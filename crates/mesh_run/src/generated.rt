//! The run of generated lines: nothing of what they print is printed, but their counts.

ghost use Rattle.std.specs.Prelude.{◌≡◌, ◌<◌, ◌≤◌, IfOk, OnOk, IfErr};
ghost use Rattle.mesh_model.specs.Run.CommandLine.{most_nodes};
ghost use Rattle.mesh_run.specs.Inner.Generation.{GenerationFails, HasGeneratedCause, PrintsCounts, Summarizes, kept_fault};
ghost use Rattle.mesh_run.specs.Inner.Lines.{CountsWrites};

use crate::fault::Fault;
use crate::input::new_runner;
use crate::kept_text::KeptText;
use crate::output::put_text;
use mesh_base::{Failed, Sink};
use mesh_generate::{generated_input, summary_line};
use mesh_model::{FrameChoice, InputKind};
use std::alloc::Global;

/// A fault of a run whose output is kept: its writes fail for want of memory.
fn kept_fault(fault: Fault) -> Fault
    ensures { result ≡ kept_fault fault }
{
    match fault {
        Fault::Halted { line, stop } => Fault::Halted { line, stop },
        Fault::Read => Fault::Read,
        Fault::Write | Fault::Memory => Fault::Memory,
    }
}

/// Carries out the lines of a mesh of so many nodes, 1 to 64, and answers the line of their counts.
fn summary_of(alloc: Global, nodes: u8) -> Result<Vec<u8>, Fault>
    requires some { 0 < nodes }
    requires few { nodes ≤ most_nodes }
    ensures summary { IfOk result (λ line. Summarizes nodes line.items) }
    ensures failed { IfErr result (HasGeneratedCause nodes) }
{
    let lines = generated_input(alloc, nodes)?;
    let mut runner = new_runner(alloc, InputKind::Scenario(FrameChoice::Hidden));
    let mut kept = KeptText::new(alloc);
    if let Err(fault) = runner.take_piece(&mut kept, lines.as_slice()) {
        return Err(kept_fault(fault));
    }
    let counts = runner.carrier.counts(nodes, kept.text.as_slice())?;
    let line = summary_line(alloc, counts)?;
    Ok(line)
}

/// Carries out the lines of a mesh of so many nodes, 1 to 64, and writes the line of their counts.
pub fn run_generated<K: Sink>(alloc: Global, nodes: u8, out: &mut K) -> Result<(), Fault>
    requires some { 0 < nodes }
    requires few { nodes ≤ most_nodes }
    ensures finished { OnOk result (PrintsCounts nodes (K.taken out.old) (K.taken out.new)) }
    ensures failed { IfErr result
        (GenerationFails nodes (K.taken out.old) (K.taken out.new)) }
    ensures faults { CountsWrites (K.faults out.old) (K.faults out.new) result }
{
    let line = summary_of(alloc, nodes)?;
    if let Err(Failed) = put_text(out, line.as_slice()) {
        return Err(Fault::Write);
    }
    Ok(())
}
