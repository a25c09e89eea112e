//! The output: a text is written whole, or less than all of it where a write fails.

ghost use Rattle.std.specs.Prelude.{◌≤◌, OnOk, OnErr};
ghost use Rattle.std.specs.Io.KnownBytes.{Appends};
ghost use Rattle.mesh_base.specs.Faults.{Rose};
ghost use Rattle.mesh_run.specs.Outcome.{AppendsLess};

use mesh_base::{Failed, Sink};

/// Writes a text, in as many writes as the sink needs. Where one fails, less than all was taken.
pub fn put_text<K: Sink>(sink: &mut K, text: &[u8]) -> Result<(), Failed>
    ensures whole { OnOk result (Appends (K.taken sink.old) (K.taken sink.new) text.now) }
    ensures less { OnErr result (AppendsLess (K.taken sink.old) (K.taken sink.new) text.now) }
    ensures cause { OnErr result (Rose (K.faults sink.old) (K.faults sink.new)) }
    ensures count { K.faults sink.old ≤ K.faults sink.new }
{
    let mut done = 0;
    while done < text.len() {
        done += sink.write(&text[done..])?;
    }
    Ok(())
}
......
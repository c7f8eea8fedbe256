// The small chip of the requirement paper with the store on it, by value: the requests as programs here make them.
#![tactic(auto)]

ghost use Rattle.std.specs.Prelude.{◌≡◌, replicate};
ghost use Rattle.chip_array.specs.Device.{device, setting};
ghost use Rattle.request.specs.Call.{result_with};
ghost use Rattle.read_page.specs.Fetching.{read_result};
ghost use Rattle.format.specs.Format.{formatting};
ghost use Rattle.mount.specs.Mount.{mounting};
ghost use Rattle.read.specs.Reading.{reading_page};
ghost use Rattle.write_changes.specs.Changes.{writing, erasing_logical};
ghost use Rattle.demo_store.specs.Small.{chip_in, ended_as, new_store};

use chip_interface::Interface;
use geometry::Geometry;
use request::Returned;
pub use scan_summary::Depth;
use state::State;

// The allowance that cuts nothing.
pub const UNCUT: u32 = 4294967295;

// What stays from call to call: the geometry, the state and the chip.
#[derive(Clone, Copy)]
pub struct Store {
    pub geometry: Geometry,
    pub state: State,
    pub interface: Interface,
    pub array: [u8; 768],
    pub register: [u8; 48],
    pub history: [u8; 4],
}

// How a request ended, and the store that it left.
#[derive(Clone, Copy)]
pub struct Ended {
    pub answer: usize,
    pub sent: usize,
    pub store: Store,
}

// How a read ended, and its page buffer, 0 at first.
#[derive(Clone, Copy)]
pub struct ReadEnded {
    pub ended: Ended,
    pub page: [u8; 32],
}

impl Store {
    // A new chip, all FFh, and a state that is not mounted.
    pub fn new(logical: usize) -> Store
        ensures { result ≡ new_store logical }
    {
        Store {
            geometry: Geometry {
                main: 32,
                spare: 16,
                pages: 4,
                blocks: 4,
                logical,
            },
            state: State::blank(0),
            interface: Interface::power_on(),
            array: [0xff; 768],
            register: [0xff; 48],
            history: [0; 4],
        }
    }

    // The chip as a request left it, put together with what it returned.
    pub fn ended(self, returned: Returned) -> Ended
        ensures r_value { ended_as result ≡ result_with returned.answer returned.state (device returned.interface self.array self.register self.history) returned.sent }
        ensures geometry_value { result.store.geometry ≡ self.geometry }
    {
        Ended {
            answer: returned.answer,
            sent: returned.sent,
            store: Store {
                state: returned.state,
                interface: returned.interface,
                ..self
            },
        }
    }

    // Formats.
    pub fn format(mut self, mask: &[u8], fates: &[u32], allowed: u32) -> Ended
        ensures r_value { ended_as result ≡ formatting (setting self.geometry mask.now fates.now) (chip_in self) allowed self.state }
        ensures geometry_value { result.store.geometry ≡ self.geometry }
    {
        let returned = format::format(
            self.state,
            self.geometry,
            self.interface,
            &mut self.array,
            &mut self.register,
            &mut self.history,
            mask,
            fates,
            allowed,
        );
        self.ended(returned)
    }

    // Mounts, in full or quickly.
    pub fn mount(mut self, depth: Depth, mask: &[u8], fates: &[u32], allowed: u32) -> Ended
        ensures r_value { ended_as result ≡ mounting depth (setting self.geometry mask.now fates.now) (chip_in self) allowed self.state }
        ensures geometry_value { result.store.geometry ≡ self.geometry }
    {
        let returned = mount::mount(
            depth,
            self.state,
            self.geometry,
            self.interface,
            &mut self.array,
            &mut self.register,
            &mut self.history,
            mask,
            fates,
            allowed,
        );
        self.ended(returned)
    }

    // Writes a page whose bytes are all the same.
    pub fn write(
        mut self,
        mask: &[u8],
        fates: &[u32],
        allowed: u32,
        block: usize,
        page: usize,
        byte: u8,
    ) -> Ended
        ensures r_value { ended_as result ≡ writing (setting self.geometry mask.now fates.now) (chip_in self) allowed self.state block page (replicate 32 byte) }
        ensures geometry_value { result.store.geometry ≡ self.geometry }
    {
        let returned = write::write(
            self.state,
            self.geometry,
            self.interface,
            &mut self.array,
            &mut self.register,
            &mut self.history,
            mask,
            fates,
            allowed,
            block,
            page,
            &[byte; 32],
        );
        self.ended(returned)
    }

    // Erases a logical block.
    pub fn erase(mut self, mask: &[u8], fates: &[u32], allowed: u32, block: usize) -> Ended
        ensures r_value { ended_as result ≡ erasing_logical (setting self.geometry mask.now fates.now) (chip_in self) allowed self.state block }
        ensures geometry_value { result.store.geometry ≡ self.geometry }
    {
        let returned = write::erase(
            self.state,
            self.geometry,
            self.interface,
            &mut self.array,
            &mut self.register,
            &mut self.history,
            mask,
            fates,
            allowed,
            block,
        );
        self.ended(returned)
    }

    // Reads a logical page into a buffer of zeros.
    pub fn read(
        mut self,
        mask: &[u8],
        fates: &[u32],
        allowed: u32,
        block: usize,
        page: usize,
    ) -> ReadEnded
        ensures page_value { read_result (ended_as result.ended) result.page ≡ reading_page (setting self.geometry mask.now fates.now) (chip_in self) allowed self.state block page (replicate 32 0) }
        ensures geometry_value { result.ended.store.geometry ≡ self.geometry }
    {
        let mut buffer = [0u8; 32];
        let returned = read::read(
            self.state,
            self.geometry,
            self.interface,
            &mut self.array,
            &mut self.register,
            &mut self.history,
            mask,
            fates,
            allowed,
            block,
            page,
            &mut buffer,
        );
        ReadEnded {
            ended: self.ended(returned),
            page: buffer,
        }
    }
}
......
__What to do__:
List the lines of the records where "InputKind" occurs.

__Exercise answer__:
use mesh_model::{FrameChoice, InputKind};
    let mut runner = new_runner(alloc, InputKind::Scenario(FrameChoice::Hidden));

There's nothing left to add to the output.